* _Material for the task_

• • • • • • •

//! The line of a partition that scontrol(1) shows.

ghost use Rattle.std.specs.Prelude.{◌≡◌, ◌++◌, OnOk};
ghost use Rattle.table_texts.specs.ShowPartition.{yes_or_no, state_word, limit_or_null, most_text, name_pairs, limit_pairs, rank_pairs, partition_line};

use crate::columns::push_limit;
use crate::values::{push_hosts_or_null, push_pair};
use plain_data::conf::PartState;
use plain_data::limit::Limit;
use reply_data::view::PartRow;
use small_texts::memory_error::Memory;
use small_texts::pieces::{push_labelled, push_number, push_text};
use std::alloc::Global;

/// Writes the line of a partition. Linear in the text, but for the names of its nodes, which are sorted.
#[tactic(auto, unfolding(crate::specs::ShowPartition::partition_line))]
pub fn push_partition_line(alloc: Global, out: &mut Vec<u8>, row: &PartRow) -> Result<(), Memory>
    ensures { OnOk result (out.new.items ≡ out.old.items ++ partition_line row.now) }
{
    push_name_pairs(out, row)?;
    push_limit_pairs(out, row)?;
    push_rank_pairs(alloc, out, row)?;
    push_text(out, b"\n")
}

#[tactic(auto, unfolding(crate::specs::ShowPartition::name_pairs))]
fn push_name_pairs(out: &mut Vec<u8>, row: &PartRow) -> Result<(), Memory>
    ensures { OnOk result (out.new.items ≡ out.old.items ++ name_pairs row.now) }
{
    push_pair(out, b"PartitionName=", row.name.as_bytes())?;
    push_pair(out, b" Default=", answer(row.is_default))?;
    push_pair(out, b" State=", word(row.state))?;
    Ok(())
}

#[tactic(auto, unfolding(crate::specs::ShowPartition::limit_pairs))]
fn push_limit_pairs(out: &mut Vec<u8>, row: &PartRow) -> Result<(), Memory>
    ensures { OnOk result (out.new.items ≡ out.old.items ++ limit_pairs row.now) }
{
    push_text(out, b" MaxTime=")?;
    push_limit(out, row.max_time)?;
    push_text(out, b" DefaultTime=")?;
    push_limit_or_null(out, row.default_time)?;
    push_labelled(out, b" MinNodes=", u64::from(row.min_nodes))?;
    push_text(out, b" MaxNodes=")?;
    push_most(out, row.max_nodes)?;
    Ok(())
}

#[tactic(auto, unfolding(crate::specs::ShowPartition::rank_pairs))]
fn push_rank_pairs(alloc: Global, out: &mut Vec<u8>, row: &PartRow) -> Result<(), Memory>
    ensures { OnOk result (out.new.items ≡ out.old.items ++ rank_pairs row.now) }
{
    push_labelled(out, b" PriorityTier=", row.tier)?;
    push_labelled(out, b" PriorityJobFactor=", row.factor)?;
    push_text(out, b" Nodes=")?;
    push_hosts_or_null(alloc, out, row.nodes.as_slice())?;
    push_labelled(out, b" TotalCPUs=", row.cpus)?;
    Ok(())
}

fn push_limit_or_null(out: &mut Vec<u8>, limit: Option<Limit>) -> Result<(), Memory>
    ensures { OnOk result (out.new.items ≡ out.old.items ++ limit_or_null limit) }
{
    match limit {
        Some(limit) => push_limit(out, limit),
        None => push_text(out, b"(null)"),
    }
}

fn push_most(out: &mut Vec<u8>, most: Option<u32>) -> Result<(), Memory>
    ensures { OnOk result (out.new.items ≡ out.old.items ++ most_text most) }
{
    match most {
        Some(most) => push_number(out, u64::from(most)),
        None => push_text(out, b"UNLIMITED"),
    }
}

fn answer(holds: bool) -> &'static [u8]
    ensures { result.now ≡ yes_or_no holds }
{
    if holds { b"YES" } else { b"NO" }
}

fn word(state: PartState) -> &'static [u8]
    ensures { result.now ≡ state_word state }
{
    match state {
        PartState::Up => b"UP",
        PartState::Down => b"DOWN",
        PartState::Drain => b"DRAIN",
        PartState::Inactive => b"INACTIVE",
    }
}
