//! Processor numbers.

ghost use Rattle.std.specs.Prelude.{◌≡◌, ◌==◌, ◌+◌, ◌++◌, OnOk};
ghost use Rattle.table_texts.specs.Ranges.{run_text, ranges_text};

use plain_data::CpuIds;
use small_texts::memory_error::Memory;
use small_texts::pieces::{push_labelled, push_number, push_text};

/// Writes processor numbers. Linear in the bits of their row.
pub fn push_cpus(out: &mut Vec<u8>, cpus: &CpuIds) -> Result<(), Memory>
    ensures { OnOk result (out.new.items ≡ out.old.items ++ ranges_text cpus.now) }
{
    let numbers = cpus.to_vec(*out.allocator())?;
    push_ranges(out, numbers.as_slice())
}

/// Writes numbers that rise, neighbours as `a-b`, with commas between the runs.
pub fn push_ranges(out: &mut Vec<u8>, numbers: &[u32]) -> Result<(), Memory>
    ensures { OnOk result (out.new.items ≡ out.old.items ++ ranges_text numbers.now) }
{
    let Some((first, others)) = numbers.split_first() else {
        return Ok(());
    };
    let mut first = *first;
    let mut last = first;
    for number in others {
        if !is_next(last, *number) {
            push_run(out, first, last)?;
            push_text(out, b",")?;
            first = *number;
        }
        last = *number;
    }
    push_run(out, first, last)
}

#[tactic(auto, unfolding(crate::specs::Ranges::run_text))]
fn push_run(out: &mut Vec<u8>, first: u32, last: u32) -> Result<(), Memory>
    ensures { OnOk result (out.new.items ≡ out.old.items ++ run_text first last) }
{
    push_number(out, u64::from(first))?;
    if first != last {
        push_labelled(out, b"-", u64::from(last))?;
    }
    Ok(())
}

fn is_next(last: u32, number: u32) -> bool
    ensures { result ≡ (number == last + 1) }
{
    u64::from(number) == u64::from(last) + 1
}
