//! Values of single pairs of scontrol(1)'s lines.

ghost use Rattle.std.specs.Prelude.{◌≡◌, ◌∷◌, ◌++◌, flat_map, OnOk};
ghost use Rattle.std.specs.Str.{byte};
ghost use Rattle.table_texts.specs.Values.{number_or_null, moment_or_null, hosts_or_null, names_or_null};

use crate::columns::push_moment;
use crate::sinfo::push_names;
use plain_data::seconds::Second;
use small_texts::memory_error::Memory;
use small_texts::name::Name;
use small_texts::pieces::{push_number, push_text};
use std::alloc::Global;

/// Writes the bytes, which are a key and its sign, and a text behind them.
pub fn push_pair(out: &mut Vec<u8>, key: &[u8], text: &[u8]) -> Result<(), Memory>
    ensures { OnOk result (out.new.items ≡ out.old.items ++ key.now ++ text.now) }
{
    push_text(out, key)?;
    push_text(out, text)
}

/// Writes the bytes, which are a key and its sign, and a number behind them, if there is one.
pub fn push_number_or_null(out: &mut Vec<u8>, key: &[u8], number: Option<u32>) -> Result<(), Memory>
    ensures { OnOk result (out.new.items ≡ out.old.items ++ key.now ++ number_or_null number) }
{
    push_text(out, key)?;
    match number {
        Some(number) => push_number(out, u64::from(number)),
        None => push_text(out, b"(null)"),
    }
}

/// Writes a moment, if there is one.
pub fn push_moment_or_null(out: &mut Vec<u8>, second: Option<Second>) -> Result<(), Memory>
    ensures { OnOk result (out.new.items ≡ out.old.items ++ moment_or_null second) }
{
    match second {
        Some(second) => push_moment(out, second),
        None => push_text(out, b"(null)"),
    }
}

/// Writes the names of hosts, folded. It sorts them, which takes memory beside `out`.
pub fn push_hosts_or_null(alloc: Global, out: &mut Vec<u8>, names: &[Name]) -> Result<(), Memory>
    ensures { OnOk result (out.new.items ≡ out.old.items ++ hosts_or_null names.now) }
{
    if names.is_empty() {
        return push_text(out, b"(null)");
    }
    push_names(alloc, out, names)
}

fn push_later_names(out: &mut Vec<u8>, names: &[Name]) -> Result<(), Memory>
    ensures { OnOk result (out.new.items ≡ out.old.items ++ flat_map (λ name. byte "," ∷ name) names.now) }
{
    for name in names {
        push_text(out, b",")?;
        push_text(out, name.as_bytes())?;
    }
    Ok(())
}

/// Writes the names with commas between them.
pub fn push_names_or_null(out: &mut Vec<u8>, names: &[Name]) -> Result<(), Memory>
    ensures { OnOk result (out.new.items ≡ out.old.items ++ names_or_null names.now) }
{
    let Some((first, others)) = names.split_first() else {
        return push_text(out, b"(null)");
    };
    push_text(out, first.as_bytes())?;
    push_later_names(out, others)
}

• • • • • • •

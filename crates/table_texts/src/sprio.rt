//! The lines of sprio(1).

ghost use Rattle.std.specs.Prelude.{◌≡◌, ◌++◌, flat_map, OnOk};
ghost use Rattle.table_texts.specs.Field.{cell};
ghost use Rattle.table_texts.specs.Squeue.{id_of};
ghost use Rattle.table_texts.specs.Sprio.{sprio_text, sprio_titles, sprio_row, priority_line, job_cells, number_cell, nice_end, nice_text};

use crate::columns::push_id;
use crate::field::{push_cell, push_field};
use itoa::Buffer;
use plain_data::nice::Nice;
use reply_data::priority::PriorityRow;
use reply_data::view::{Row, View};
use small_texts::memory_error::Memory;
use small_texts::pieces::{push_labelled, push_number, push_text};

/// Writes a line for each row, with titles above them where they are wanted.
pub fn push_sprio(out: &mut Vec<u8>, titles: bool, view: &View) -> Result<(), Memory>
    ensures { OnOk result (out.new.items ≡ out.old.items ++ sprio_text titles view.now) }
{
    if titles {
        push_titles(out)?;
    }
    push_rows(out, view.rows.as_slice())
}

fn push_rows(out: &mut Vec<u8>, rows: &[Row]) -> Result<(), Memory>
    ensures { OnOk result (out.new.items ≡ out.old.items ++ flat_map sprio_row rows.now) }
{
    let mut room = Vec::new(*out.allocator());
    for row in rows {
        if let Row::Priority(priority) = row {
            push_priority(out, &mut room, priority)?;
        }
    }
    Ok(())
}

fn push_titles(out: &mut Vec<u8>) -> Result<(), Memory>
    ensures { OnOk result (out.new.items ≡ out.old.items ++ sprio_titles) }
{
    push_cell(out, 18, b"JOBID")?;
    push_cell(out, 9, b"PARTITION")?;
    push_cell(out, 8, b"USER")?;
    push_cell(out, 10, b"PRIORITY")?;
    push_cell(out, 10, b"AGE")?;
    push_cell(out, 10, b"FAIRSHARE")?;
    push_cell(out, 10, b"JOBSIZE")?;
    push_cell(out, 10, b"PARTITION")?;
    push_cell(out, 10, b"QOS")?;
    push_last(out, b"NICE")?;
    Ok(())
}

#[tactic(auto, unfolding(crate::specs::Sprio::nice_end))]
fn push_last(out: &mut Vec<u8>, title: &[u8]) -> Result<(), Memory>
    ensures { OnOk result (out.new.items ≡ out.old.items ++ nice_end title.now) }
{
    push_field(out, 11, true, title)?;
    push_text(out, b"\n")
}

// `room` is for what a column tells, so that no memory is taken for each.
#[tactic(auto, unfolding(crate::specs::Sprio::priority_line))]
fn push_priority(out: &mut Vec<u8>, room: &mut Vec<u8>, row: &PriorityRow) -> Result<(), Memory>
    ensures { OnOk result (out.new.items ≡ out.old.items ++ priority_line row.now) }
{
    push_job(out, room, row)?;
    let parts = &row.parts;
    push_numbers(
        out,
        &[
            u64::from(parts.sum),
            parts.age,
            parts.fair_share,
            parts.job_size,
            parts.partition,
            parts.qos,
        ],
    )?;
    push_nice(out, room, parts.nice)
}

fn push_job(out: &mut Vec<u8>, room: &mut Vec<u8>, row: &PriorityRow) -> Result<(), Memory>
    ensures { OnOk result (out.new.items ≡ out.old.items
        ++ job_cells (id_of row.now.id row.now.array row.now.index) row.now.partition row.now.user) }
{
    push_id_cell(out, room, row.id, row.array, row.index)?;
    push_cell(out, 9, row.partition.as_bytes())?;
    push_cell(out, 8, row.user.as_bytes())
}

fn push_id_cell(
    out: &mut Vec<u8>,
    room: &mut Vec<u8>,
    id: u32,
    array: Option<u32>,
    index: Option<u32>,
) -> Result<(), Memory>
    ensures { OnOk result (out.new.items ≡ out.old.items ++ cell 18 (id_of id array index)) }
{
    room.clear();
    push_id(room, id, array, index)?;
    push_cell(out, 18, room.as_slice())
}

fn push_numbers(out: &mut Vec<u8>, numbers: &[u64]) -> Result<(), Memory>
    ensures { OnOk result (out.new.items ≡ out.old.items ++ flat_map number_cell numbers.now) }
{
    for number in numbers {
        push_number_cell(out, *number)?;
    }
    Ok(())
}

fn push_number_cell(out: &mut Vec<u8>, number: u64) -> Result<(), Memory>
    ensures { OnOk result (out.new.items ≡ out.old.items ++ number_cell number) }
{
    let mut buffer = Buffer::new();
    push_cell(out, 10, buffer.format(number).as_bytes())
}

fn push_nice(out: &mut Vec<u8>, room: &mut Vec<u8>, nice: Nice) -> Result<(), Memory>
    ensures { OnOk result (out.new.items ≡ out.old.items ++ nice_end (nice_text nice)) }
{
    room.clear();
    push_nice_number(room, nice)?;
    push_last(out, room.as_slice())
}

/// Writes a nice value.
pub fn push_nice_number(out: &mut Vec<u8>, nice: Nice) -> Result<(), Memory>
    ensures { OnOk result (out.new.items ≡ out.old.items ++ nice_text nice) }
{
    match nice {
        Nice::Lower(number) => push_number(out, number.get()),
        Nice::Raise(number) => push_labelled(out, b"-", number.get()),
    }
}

• • • • • • •

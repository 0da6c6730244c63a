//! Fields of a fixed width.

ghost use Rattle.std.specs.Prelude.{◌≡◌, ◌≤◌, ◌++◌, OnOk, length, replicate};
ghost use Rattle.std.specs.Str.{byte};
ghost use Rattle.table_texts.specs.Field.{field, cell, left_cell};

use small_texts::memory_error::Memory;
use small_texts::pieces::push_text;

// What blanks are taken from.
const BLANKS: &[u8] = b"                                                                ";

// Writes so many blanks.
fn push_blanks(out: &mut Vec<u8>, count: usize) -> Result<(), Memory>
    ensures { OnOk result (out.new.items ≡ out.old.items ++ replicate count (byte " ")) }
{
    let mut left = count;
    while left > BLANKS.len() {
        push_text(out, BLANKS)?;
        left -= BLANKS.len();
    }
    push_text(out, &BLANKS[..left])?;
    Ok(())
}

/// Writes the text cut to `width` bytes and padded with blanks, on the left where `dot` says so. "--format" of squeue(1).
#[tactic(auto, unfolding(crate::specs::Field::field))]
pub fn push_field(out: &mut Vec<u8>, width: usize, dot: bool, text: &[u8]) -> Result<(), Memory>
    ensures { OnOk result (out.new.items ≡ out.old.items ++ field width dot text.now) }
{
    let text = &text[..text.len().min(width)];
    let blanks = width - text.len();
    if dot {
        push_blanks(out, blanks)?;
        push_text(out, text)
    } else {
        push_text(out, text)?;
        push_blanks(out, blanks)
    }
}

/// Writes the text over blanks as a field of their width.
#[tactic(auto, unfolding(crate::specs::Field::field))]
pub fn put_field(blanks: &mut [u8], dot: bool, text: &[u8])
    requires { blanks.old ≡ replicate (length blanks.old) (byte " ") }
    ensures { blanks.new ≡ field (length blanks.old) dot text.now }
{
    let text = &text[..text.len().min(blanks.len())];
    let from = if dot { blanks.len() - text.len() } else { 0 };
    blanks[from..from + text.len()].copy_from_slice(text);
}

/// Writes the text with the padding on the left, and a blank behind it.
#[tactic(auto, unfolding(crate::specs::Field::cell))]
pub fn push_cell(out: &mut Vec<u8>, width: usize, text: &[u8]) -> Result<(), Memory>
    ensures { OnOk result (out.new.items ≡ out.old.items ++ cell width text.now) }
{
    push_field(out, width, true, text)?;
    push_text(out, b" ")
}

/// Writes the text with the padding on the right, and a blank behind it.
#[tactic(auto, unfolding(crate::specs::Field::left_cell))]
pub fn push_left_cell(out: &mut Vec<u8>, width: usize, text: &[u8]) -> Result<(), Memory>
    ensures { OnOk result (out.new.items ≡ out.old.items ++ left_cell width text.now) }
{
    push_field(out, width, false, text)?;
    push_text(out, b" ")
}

• • • • • • •

* _Work task_
Looking at the material above, please state how many lines include the string "match", and give only that number.

* _Response below_
6